▶ **GIVEN RECORDS**
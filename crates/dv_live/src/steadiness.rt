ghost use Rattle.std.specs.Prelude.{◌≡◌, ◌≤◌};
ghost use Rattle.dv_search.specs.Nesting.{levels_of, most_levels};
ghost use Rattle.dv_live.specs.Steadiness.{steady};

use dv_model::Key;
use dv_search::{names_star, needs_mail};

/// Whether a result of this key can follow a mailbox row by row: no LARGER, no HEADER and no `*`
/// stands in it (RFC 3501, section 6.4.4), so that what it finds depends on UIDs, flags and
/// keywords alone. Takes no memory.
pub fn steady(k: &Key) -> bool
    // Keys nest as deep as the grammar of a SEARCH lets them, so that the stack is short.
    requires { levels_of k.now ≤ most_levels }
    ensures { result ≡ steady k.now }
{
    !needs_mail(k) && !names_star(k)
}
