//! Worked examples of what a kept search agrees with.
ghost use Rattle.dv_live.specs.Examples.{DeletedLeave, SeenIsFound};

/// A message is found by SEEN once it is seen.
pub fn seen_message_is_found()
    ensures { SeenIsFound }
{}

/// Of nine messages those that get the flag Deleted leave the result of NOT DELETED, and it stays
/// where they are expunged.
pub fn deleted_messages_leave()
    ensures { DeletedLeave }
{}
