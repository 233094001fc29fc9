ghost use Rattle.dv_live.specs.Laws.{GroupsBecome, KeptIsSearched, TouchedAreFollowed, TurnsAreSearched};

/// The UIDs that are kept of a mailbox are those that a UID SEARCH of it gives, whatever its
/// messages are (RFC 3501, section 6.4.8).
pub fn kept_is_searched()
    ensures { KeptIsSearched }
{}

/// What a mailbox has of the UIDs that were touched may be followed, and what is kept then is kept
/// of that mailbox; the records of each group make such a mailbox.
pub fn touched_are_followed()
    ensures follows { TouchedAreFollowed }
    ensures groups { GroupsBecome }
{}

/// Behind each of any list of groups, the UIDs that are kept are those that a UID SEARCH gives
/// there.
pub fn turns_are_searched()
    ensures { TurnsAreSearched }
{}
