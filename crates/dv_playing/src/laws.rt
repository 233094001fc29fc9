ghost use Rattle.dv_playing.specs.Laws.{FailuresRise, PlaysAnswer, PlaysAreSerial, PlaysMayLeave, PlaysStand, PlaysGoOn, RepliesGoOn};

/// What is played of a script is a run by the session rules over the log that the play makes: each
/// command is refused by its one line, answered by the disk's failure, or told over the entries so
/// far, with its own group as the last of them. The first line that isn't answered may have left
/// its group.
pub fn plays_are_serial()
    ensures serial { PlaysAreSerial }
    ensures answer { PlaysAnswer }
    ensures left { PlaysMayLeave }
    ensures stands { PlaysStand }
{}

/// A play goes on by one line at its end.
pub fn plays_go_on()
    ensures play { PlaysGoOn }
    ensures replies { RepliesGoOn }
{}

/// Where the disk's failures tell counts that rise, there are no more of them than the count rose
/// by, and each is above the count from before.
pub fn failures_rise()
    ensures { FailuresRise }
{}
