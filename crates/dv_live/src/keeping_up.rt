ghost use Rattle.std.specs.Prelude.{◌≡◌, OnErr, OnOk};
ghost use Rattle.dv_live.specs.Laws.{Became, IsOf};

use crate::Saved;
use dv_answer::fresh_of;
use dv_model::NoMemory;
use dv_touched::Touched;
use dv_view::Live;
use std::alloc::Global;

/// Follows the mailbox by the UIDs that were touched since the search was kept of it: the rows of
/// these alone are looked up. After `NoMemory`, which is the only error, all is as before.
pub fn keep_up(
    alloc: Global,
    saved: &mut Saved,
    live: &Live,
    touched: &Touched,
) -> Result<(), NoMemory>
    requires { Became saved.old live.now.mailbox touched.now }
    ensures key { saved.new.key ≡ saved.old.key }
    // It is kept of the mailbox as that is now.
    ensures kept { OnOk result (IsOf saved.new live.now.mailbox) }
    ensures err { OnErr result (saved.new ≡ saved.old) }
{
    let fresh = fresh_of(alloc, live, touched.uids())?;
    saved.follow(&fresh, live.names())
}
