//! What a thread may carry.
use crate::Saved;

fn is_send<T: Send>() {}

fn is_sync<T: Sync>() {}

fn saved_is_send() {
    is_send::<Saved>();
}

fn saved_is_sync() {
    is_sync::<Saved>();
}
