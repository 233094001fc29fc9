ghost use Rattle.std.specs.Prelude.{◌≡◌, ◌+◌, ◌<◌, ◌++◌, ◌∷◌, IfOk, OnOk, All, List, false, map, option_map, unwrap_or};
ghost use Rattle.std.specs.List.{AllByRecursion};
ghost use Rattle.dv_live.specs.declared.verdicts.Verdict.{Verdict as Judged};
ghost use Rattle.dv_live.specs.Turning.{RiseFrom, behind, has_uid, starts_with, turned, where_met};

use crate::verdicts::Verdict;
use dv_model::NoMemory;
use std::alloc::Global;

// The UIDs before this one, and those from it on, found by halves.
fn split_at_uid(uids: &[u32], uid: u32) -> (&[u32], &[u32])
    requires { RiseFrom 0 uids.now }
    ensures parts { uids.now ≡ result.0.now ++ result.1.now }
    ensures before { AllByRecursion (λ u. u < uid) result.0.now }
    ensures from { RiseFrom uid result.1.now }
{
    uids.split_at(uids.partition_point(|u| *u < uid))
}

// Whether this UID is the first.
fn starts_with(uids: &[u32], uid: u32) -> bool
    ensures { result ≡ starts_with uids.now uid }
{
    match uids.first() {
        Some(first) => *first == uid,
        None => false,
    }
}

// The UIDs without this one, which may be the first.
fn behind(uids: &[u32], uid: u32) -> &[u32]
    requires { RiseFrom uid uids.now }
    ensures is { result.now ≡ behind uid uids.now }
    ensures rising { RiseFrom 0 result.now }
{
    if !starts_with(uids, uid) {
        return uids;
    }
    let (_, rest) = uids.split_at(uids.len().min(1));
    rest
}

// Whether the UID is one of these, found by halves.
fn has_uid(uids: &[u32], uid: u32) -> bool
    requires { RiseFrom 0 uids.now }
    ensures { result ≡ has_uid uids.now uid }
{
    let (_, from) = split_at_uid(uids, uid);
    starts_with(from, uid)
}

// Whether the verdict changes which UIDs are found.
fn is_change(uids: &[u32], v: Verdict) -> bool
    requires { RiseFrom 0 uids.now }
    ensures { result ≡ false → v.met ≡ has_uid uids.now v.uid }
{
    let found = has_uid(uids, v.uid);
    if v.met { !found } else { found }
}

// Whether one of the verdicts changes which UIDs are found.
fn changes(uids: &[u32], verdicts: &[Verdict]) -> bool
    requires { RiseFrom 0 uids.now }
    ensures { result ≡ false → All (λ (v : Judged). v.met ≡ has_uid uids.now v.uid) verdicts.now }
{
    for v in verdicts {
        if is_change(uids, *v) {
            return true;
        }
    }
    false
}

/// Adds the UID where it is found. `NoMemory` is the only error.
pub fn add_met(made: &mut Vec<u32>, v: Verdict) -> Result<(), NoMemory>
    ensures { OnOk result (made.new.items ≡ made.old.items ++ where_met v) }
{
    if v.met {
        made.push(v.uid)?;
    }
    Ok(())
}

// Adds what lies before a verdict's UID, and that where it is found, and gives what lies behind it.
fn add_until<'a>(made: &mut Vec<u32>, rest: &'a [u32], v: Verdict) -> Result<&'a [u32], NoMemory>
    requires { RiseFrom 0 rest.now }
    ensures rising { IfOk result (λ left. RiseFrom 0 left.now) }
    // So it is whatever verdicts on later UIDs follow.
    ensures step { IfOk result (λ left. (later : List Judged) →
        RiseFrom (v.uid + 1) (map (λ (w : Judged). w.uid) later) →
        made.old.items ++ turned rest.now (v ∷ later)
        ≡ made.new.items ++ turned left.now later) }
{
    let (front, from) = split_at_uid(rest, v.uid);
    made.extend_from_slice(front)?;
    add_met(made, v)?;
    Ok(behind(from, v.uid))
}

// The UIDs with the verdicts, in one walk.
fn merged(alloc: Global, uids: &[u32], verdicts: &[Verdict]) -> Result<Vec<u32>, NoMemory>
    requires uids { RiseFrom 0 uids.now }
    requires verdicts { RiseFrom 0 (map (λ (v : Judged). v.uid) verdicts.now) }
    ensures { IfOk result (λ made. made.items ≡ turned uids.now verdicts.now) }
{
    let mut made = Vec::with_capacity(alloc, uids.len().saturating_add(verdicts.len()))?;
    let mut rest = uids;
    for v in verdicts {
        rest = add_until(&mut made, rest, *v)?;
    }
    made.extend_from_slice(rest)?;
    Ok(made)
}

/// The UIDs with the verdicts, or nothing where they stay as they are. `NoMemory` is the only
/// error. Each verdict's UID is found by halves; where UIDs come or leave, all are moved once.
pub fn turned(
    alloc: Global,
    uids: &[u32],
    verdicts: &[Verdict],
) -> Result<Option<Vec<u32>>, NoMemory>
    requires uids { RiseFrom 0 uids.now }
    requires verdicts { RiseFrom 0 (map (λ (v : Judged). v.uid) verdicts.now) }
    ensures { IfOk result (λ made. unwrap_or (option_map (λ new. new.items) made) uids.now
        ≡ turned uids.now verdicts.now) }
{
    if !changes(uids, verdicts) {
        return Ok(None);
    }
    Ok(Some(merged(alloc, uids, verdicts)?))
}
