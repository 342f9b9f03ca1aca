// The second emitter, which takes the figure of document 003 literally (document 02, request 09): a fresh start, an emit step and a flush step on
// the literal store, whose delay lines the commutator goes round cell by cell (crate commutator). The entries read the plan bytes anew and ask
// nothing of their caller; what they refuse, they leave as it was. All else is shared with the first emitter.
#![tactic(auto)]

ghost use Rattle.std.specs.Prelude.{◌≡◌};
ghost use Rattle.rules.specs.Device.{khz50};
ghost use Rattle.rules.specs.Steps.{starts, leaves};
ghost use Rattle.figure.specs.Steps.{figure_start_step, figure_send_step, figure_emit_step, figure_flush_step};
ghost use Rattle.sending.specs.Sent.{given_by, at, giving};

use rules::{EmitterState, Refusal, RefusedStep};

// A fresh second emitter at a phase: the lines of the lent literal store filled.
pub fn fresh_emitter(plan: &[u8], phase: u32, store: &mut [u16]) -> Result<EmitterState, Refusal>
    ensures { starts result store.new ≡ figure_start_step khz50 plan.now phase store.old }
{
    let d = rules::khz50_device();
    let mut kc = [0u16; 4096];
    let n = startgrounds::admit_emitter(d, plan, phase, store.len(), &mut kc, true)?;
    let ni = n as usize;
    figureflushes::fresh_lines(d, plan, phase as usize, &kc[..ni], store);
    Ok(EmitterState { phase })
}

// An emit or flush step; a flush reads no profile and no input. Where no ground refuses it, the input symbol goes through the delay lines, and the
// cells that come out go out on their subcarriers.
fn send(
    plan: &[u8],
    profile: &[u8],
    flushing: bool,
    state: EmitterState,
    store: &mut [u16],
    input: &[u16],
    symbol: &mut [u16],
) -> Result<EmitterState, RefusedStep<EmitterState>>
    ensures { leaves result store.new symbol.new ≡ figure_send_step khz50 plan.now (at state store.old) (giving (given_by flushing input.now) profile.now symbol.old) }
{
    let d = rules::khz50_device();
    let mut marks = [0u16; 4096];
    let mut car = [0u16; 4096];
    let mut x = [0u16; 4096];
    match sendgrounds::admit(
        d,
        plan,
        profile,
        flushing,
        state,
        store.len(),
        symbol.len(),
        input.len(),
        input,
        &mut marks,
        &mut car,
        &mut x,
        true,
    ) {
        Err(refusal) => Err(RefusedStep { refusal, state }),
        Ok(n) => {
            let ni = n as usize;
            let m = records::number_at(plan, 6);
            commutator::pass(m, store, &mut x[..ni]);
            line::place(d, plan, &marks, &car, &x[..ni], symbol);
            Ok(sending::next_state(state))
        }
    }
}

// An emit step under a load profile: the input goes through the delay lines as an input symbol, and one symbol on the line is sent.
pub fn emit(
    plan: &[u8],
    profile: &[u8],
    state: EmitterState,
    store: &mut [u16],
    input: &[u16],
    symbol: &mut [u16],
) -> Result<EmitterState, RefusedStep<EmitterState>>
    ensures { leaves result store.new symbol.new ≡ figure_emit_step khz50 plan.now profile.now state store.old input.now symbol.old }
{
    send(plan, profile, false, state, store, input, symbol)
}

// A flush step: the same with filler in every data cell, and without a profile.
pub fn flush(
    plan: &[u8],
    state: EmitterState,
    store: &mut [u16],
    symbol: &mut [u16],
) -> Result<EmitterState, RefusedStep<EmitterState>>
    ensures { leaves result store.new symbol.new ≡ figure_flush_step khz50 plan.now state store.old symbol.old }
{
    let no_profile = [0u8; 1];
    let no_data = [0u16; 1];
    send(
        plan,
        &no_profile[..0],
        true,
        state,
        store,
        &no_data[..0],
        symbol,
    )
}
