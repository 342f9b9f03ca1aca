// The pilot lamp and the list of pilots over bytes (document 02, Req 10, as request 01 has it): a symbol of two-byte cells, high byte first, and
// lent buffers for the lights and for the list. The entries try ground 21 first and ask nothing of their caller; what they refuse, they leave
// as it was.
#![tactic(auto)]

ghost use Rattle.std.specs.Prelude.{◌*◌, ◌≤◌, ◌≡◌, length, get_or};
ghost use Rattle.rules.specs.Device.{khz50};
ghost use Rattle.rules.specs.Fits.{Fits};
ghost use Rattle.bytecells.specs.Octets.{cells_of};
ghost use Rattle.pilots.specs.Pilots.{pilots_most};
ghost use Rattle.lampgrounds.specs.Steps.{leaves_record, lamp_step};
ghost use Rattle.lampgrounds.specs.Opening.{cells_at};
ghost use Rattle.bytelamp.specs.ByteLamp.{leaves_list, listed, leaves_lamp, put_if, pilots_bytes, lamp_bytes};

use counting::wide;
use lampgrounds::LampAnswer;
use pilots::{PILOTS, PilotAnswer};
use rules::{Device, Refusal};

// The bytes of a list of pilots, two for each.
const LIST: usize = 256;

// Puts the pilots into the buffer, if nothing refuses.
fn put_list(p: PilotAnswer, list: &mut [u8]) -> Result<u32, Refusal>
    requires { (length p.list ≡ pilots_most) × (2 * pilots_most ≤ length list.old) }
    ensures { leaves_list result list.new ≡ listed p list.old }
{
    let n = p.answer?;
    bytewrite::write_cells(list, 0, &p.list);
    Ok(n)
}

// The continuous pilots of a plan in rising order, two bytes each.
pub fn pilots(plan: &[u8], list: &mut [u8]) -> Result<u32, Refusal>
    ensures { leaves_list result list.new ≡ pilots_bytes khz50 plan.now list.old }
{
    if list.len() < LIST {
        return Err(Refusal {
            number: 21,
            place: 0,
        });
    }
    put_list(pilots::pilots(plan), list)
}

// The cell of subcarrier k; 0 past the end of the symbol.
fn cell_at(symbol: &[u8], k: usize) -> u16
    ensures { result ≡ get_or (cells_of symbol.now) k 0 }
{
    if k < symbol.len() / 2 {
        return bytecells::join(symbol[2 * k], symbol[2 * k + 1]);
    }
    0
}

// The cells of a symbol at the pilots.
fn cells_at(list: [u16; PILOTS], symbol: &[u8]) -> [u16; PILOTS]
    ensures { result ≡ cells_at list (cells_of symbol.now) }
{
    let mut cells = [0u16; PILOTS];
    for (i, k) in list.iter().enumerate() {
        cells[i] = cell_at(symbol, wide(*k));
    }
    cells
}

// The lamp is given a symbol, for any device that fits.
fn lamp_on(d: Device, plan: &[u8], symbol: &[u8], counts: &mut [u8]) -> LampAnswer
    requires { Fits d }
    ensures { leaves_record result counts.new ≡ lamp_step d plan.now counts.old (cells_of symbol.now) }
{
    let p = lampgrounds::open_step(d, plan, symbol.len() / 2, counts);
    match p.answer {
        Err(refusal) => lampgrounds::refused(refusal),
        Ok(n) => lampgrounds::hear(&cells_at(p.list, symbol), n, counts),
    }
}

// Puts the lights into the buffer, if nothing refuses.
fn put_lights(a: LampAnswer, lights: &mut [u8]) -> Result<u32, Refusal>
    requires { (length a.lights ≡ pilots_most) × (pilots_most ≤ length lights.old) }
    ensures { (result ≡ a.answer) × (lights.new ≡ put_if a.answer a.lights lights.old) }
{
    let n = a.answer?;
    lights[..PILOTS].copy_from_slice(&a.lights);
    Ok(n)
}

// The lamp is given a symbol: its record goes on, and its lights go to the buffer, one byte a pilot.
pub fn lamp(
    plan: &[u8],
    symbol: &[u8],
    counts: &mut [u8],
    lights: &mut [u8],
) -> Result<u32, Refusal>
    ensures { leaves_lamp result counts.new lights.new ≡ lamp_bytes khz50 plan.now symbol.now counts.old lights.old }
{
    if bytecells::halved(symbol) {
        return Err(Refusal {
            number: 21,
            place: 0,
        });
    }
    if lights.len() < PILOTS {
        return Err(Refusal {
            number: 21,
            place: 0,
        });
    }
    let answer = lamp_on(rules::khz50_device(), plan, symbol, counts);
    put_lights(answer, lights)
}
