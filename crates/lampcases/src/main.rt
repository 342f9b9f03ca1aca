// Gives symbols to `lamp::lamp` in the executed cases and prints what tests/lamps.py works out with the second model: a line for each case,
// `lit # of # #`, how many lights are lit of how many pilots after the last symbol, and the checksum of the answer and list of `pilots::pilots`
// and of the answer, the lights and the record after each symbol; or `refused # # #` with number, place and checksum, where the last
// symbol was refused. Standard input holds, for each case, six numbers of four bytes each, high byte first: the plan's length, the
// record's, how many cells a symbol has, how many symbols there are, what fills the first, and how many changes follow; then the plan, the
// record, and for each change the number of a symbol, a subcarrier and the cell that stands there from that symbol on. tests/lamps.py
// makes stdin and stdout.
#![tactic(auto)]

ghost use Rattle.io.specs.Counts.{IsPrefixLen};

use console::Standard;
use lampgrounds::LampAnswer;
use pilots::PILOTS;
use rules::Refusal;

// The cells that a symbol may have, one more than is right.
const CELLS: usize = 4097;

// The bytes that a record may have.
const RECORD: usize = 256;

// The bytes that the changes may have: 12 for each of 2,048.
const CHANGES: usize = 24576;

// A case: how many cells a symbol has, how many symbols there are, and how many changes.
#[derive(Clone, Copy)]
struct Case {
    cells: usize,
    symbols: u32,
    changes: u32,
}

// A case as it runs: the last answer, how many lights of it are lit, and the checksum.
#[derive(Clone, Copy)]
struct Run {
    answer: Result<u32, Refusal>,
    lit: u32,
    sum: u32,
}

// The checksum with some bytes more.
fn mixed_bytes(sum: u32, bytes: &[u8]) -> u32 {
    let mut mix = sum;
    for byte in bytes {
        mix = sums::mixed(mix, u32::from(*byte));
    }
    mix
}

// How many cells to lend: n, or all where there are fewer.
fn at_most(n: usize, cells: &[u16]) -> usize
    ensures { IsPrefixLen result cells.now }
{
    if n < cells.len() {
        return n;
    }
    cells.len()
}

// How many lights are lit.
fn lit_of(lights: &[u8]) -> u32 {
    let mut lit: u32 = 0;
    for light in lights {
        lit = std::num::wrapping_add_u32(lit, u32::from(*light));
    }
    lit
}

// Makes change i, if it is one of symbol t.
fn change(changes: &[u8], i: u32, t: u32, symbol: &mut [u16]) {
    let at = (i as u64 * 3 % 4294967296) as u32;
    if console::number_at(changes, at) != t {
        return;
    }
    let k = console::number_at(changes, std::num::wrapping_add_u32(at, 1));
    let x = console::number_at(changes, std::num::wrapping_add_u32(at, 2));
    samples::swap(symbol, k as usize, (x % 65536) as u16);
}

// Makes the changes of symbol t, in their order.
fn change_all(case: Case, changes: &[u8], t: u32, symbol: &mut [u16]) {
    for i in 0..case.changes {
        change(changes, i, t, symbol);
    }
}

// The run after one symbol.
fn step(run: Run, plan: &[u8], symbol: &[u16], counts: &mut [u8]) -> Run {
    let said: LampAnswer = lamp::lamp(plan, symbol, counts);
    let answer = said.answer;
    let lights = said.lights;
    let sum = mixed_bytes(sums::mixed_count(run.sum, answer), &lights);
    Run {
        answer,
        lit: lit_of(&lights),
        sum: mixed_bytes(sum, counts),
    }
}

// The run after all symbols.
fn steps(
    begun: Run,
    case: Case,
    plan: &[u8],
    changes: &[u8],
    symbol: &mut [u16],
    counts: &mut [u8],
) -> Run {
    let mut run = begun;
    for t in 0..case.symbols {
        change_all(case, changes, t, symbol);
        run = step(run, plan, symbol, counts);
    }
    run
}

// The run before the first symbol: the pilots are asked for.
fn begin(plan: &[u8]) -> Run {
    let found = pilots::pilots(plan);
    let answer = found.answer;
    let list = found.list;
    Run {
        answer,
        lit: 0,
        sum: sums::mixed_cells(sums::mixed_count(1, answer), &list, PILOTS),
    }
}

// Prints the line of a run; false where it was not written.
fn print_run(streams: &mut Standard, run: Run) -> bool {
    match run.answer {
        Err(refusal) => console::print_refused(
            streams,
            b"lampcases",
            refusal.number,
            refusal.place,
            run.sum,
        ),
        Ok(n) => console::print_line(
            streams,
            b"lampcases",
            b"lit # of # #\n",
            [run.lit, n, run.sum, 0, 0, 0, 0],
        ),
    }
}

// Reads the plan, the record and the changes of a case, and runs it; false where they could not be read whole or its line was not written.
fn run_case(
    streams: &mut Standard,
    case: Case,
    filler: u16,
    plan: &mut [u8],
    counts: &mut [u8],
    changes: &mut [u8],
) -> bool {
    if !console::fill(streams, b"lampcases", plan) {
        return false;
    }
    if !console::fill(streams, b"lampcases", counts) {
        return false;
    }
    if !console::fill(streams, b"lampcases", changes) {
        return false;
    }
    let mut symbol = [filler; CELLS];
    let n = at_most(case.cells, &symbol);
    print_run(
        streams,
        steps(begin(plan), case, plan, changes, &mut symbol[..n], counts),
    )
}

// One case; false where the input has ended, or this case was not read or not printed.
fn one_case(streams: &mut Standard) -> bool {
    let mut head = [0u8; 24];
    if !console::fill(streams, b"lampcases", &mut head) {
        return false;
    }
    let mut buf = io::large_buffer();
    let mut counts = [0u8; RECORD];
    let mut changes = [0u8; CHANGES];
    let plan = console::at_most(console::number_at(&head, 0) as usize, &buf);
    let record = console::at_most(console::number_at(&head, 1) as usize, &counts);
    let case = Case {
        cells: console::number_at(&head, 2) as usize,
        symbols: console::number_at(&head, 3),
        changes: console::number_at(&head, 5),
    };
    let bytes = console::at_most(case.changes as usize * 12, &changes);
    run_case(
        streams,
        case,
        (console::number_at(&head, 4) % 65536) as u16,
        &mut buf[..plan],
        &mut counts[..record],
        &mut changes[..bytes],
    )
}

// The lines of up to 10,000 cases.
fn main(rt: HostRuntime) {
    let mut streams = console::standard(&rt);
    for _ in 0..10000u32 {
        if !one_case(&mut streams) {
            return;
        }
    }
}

▶ **EXERCISE INSTRUCTIONS**
Nothing but the lines from the line containing "let case = Case" through the final line of the entries should appear in your answer, copied exactly.

▶ **SOLVED PROBLEM**
    let case = Case {
        cells: console::number_at(&head, 2) as usize,
        symbols: console::number_at(&head, 3),
        changes: console::number_at(&head, 5),
    };
    let bytes = console::at_most(case.changes as usize * 12, &changes);
    run_case(
        streams,
        case,
        (console::number_at(&head, 4) % 65536) as u16,
        &mut buf[..plan],
        &mut counts[..record],
        &mut changes[..bytes],
    )
}

// The lines of up to 10,000 cases.
fn main(rt: HostRuntime) {
    let mut streams = console::standard(&rt);
    for _ in 0..10000u32 {
        if !one_case(&mut streams) {
            return;
        }
    }
}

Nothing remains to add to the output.